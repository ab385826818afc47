//! Obligations for the operands of an operator.
ghost use Rattle.std.specs.Prelude.{IfOk};
ghost use Rattle.diagrams.specs.Live.{Keeps};
ghost use Rattle.automata.specs.Table.{Fits};
ghost use Rattle.obligations.specs.Value.{FitsCells};
ghost use Rattle.obligations.specs.Inclusion.{IsWider};
ghost use Rattle.obligations.specs.Followed.{GoesOn, wider_of};
ghost use Rattle.translate.specs.Exact.{accepted};
ghost use Rattle.translate.specs.Joined.{ended};
ghost use Rattle.translate.specs.Standing.{Stands};

use automata::Automaton;
use bes_io::Memory;
use diagrams::Store;
use obligations::{Cells, Inclusions, find_inclusions, follow, themselves};
use std::alloc::Global;

/// Which locations the obligation of one asks for together with it. Inclusions keep claims few where obligations of
/// many positions meet, and cost more than they save where only one of each operand is asked for.
#[derive(Clone, Copy)]
pub(crate) enum Asked {
    Alone,
    WithInclusions,
}

/// A table with an obligation for each of two operands.
#[derive(Drop)]
pub(crate) struct Operands {
    pub(crate) cells: Cells,
    pub(crate) first: u32,
    pub(crate) second: u32,
}

/// For each location those that are asked for with it.
fn wider(
    alloc: Global,
    store: &Store,
    automaton: &Automaton,
    asked: Asked,
) -> Result<Inclusions, Memory>
    requires { Fits store.now automaton.now }
    ensures { IfOk result (λ made. IsWider store.now automaton.now (wider_of made)) }
{
    match asked {
        Asked::Alone => themselves(alloc, store, automaton),
        Asked::WithInclusions => find_inclusions(alloc, store, automaton),
    }
}

/// Appends the obligations of an automaton, and answers the number of its first location's.
pub(crate) fn operand(
    alloc: Global,
    store: &mut Store,
    cells: &mut Cells,
    automaton: &Automaton,
    asked: Asked,
) -> Result<u32, Memory>
    requires fits { Fits store.old automaton.now }
    requires cells { FitsCells store.old cells.old }
    ensures keeps { Keeps store.old store.new }
    ensures cells { FitsCells store.new cells.new }
    ensures grows { GoesOn cells.old cells.new }
    ensures stands { IfOk result (λ first. Stands store.new cells.new first (accepted store.old automaton.now)) }
{
    prove!(automaton.first() < automaton.size());
    prove!(store.props() <= 32);
    let wider = wider(alloc, store, automaton, asked)?;
    let base = follow(alloc, store, cells, automaton, &wider)?;
    prove!(cells.len() <= 2147483647);
    Ok(base + automaton.first())
}

/// The obligations of two automata.
pub(crate) fn two_operands(
    alloc: Global,
    store: &mut Store,
    a: &Automaton,
    b: &Automaton,
    asked: Asked,
) -> Result<Operands, Memory>
    requires a { Fits store.old a.now }
    requires b { Fits store.old b.now }
    ensures keeps { Keeps store.old store.new }
    ensures cells { IfOk result (λ made. FitsCells store.new made.cells) }
    ensures first { IfOk result (λ made. Stands store.new made.cells made.first (accepted store.old a.now)) }
    ensures second { IfOk result (λ made. Stands store.new made.cells made.second (accepted store.old b.now)) }
{
    prove!(b.first() < b.size());
    let mut cells = Cells::new(alloc);
    let first = operand(alloc, store, &mut cells, a, asked)?;
    let second = operand(alloc, store, &mut cells, b, asked)?;
    Ok(Operands {
        cells,
        first,
        second,
    })
}

/// The obligations of an automaton, and as the second one that no letter is left, or for `false` that one is.
pub(crate) fn operand_and_end(
    alloc: Global,
    store: &mut Store,
    automaton: &Automaton,
    asked: Asked,
    ends: bool,
) -> Result<Operands, Memory>
    requires { Fits store.old automaton.now }
    ensures keeps { Keeps store.old store.new }
    ensures cells { IfOk result (λ made. FitsCells store.new made.cells) }
    ensures first { IfOk result (λ made. Stands store.new made.cells made.first (accepted store.old automaton.now)) }
    ensures second { IfOk result (λ made. Stands store.new made.cells made.second (ended ends)) }
{
    let mut cells = Cells::new(alloc);
    let first = operand(alloc, store, &mut cells, automaton, asked)?;
    let body = store.terminal(u32::from(!ends))?;
    let second = cells.add(ends, body)?;
    Ok(Operands {
        cells,
        first,
        second,
    })
}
________________________
What to produce ->
Return the entries above, every line intact.

Result of the task ->
repository ab385826818afc47
//! Obligations for the operands of an operator.
ghost use Rattle.std.specs.Prelude.{IfOk};
ghost use Rattle.diagrams.specs.Live.{Keeps};
ghost use Rattle.automata.specs.Table.{Fits};
ghost use Rattle.obligations.specs.Value.{FitsCells};
ghost use Rattle.obligations.specs.Inclusion.{IsWider};
ghost use Rattle.obligations.specs.Followed.{GoesOn, wider_of};
ghost use Rattle.translate.specs.Exact.{accepted};
ghost use Rattle.translate.specs.Joined.{ended};
ghost use Rattle.translate.specs.Standing.{Stands};

use automata::Automaton;
use bes_io::Memory;
use diagrams::Store;
use obligations::{Cells, Inclusions, find_inclusions, follow, themselves};
use std::alloc::Global;

/// Which locations the obligation of one asks for together with it. Inclusions keep claims few where obligations of
/// many positions meet, and cost more than they save where only one of each operand is asked for.
#[derive(Clone, Copy)]
pub(crate) enum Asked {
    Alone,
    WithInclusions,
}

/// A table with an obligation for each of two operands.
#[derive(Drop)]
pub(crate) struct Operands {
    pub(crate) cells: Cells,
    pub(crate) first: u32,
    pub(crate) second: u32,
}

/// For each location those that are asked for with it.
fn wider(
    alloc: Global,
    store: &Store,
    automaton: &Automaton,
    asked: Asked,
) -> Result<Inclusions, Memory>
    requires { Fits store.now automaton.now }
    ensures { IfOk result (λ made. IsWider store.now automaton.now (wider_of made)) }
{
    match asked {
        Asked::Alone => themselves(alloc, store, automaton),
        Asked::WithInclusions => find_inclusions(alloc, store, automaton),
    }
}

/// Appends the obligations of an automaton, and answers the number of its first location's.
pub(crate) fn operand(
    alloc: Global,
    store: &mut Store,
    cells: &mut Cells,
    automaton: &Automaton,
    asked: Asked,
) -> Result<u32, Memory>
    requires fits { Fits store.old automaton.now }
    requires cells { FitsCells store.old cells.old }
    ensures keeps { Keeps store.old store.new }
    ensures cells { FitsCells store.new cells.new }
    ensures grows { GoesOn cells.old cells.new }
    ensures stands { IfOk result (λ first. Stands store.new cells.new first (accepted store.old automaton.now)) }
{
    prove!(automaton.first() < automaton.size());
    prove!(store.props() <= 32);
    let wider = wider(alloc, store, automaton, asked)?;
    let base = follow(alloc, store, cells, automaton, &wider)?;
    prove!(cells.len() <= 2147483647);
    Ok(base + automaton.first())
}

/// The obligations of two automata.
pub(crate) fn two_operands(
    alloc: Global,
    store: &mut Store,
    a: &Automaton,
    b: &Automaton,
    asked: Asked,
) -> Result<Operands, Memory>
    requires a { Fits store.old a.now }
    requires b { Fits store.old b.now }
    ensures keeps { Keeps store.old store.new }
    ensures cells { IfOk result (λ made. FitsCells store.new made.cells) }
    ensures first { IfOk result (λ made. Stands store.new made.cells made.first (accepted store.old a.now)) }
    ensures second { IfOk result (λ made. Stands store.new made.cells made.second (accepted store.old b.now)) }
{
    prove!(b.first() < b.size());
    let mut cells = Cells::new(alloc);
    let first = operand(alloc, store, &mut cells, a, asked)?;
    let second = operand(alloc, store, &mut cells, b, asked)?;
    Ok(Operands {
        cells,
        first,
        second,
    })
}

/// The obligations of an automaton, and as the second one that no letter is left, or for `false` that one is.
pub(crate) fn operand_and_end(
    alloc: Global,
    store: &mut Store,
    automaton: &Automaton,
    asked: Asked,
    ends: bool,
) -> Result<Operands, Memory>
    requires { Fits store.old automaton.now }
    ensures keeps { Keeps store.old store.new }
    ensures cells { IfOk result (λ made. FitsCells store.new made.cells) }
    ensures first { IfOk result (λ made. Stands store.new made.cells made.first (accepted store.old automaton.now)) }
    ensures second { IfOk result (λ made. Stands store.new made.cells made.second (ended ends)) }
{
    let mut cells = Cells::new(alloc);
    let first = operand(alloc, store, &mut cells, automaton, asked)?;
    let body = store.terminal(u32::from(!ends))?;
    let second = cells.add(ends, body)?;
    Ok(Operands {
        cells,
        first,
        second,
    })
}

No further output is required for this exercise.